For obvious reasons it faded away... The fable of Santa and reindeers flying around the world delivering presents and eating millions of cookies, truth comes to light. And the teenage years kick in. The long for surprise is overtaken by the want of something ridiculous and specific.

Hadley is almost 2 1/2 and she started understanding the concept of Santa. We did a lot of holiday related activities, watched movies about Rudolph and Frosty, read books. I told her that old tale of Santa delivering presents to good little girls and boys, but that Christmas was also a time that we give to others.

Yesterday was Christmas Eve and we talked a lot about Santa.

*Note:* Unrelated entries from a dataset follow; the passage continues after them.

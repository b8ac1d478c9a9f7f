// The counter program: requests on standard input, replies on standard output, over a store of 8,192 words. What it writes is crate
// desk's transcript; here bytes are only moved, from any reader to any writer.

#![tactic(auto)]

ghost use Rattle.std.specs.Prelude.{◌≡◌, ℕ, ◌-◌, ◌≤◌, ◌<◌, IfOk, IfErr, OnOk, Ok, None, length, take, replicate};
ghost use Rattle.std.specs.Io.KnownBytes.{Appends, Consumes, IsAtEnd};
ghost use Rattle.desk.specs.Listing.{part_bytes};
ghost use Rattle.desk.specs.Transcript.{ending, store_words};
ghost use Rattle.desk.specs.Serving.{line_of, Serves, Finishes};
ghost use Rattle.counter.specs.declared.Failure.TheVariants.{Writing, Ending};
ghost use Rattle.counter.specs.Program.{Whole, CameOrFailed, Turned, ServedAll, Ended};

use desk::{Desk, Progress};
use std::fmt;
use std::io::{Read, Write};
use std::process::ExitCode;

// The store's words.
pub const STORE_WORDS: usize = 8192;

// The bytes of a read, and of a write.
const BUFFER_BYTES: usize = 65536;

// Why a run ends before it is done: a read failed, or a write of replies, or the write of the last reply.
#[derive(Clone, Copy, Debug, PartialEq, Eq)]
pub enum Failure {
    Reading,
    Writing,
    Ending,
}

impl fmt::Display for Failure {
    fn fmt<W: fmt::Write>(&self, f: &mut fmt::Formatter<W>) -> fmt::Result {
        f.write_str(match self {
            Failure::Reading => "reading failed",
            Failure::Writing | Failure::Ending => "writing failed",
        })
    }
}

// Hands bytes on; where that fails, it is the failure named.
fn hand_on<W: Write>(writer: &mut W, bytes: &[u8], failure: Failure) -> Result<(), Failure>
    ensures sent { OnOk result (Appends (W.contents writer.old) (W.contents writer.new) bytes.now) }
    ensures failed { IfErr result (λ f. f ≡ failure) }
{
    writer.write_all(bytes).map_err(|_| failure)
}

// Serves input as far as the output has room, and hands the replies on.
fn serve_once<W: Write>(
    writer: &mut W,
    store: &mut [u32],
    d: Desk,
    input: &[u8],
    out: &mut [u8],
) -> Result<Progress, Failure>
    ensures served { IfOk result (λ p. Serves store.old d input.now out.old store.new out.new p
        × Finishes input.now out.old p
        × Appends (W.contents writer.old) (W.contents writer.new) (take p.put out.new)) }
    ensures failed { IfErr result (λ f. f ≡ Writing) }
{
    let p = desk::serve(store, d, input, out);
    hand_on(writer, &out[..p.put], Failure::Writing)?;
    Ok(p)
}

// Serves a chunk: its replies go out in one write, or in several where the output has no room for all.
fn serve_chunk<W: Write>(
    writer: &mut W,
    store: &mut [u32],
    d: Desk,
    input: &[u8],
    out: &mut [u8],
) -> Result<Desk, Failure>
    requires { part_bytes ≤ length out.old }
    ensures served { IfOk result
        (λ e. Whole store.old d input.now store.new e (W.contents writer.old) (W.contents writer.new)) }
    ensures failed { IfErr result (λ f. f ≡ Writing) }
{
    let mut desk = d;
    let mut from: usize = 0;
    loop {
        let p = serve_once(writer, store, desk, &input[from..], out)?;
        desk = p.desk;
        from += p.taken;
        if out.len() - p.put >= desk::PART_BYTES {
            return Ok(desk);
        }
    }
}

// Reads once: how many bytes came.
fn read_some<R: Read>(reader: &mut R, input: &mut [u8]) -> Result<usize, Failure>
    ensures came { CameOrFailed (R.remaining reader.old) (R.remaining reader.new) input.new result }
{
    reader.read(input).map_err(|_| Failure::Reading)
}

// Serves what a read brought; none where it brought nothing, at the end of the input.
fn serve_read<W: Write>(
    writer: &mut W,
    store: &mut [u32],
    d: Desk,
    input: &[u8],
    out: &mut [u8],
) -> Result<Option<Desk>, Failure>
    requires { (part_bytes ≤ length out.old) × (d.listing ≡ None) }
    ensures served { Turned store.old d input.now store.new (W.contents writer.old) (W.contents writer.new) result }
    ensures failed { IfErr result (λ f. f ≡ Writing) }
{
    if input.is_empty() {
        return Ok(None);
    }
    let desk = serve_chunk(writer, store, d, input, out)?;
    Ok(Some(desk))
}

// Reads once, and serves what was read; none where the input is at its end.
fn read_once<R: Read, W: Write>(
    reader: &mut R,
    writer: &mut W,
    store: &mut [u32],
    d: Desk,
    input: &mut [u8],
    out: &mut [u8],
) -> Result<Option<Desk>, Failure>
    requires { (part_bytes ≤ length out.old) × (d.listing ≡ None) }
    ensures came { (n : ℕ) × (n ≤ length input.new)
        × Consumes (R.remaining reader.old) (R.remaining reader.new) (take n input.new)
        × Turned store.old d (take n input.new) store.new (W.contents writer.old) (W.contents writer.new) result }
    ensures ended { result ≡ Ok None → 0 < length input.new → IsAtEnd (R.remaining reader.new) }
{
    let n = read_some(reader, input)?;
    serve_read(writer, store, d, &input[..n], out)
}

// Reads to the end of the input, and serves what is read. (A proved loop has to end, and no run makes so many reads.)
fn serve_all<R: Read, W: Write>(
    reader: &mut R,
    writer: &mut W,
    store: &mut [u32],
    input: &mut [u8],
    out: &mut [u8],
) -> Result<Desk, Failure>
    requires { (store.old ≡ replicate store_words 0) × (part_bytes ≤ length out.old) }
    ensures { ServedAll store.new (length input.old) (R.remaining reader.old) (R.remaining reader.new)
        (W.contents writer.old) (W.contents writer.new) result }
{
    let mut desk = desk::start();
    for _ in 0..u64::MAX {
        match read_once(reader, writer, store, desk, input, out)? {
            Some(next) => desk = next,
            None => return Ok(desk),
        }
    }
    Ok(desk)
}

// Puts the reply to bytes after the last 0A, and hands it on.
fn end_line<W: Write>(writer: &mut W, d: Desk, out: &mut [u8]) -> Result<(), Failure>
    requires { part_bytes ≤ length out.old }
    ensures last { (put : ℕ) × (take put out.new ≡ ending (line_of d))
        × OnOk result (Appends (W.contents writer.old) (W.contents writer.new) (take put out.new)) }
    ensures failed { IfErr result (λ f. f ≡ Ending) }
{
    let put = desk::finish(d, out);
    hand_on(writer, &out[..put], Failure::Ending)
}

// Reads to the end of the input, or until a read or a write fails, and replies to all that was read.
fn run<R: Read, W: Write>(
    reader: &mut R,
    writer: &mut W,
    store: &mut [u32],
    input: &mut [u8],
    out: &mut [u8],
) -> Result<(), Failure>
    requires { (store.old ≡ replicate store_words 0) × (part_bytes ≤ length out.old) }
    ensures { Ended store.new out.new (length input.old) (R.remaining reader.old) (R.remaining reader.new)
        (W.contents writer.old) (W.contents writer.new) result }
{
    let desk = serve_all(reader, writer, store, input, out)?;
    end_line(writer, desk, out)
}

fn main(rt: HostRuntime) -> ExitCode {
    let mut store = [0u32; STORE_WORDS];
    let mut input = [0u8; BUFFER_BYTES];
    let mut out = [0u8; BUFFER_BYTES];
    let mut reader = rt.stdin();
    let mut writer = rt.stdout();
    match run(&mut reader, &mut writer, &mut store, &mut input, &mut out) {
        Ok(()) => ExitCode::SUCCESS,
        Err(failure) => {
            // Where that fails too, there is nobody left to tell.
            let _ = eprintln!(rt; "counter: {failure}");
            ExitCode::FAILURE
        }
    }
}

We baked cookies for him and placed them on the table next to our big leather chair. And a few times she said, on her own accord, "Santa is coming!"

I was so excited to put the kids to bed so I could set up. Jonathan had spent the evening setting up a couple of large gifts our relatives sent and I was in charge of placing all the gifts under the tree, stuffing the stocking. And together we set up a small princess castle for Hadley to find in the living room.

And would you believe that I couldn't sleep? I was so excited! And I was up at 6 a.m. longing for the rest of the family to wake up. When I heard the pitter pat of feet on the bedroom floor above me, I got my camera ready for first reactions... And woosh! Just like that, the real magic of Christmas came over our household.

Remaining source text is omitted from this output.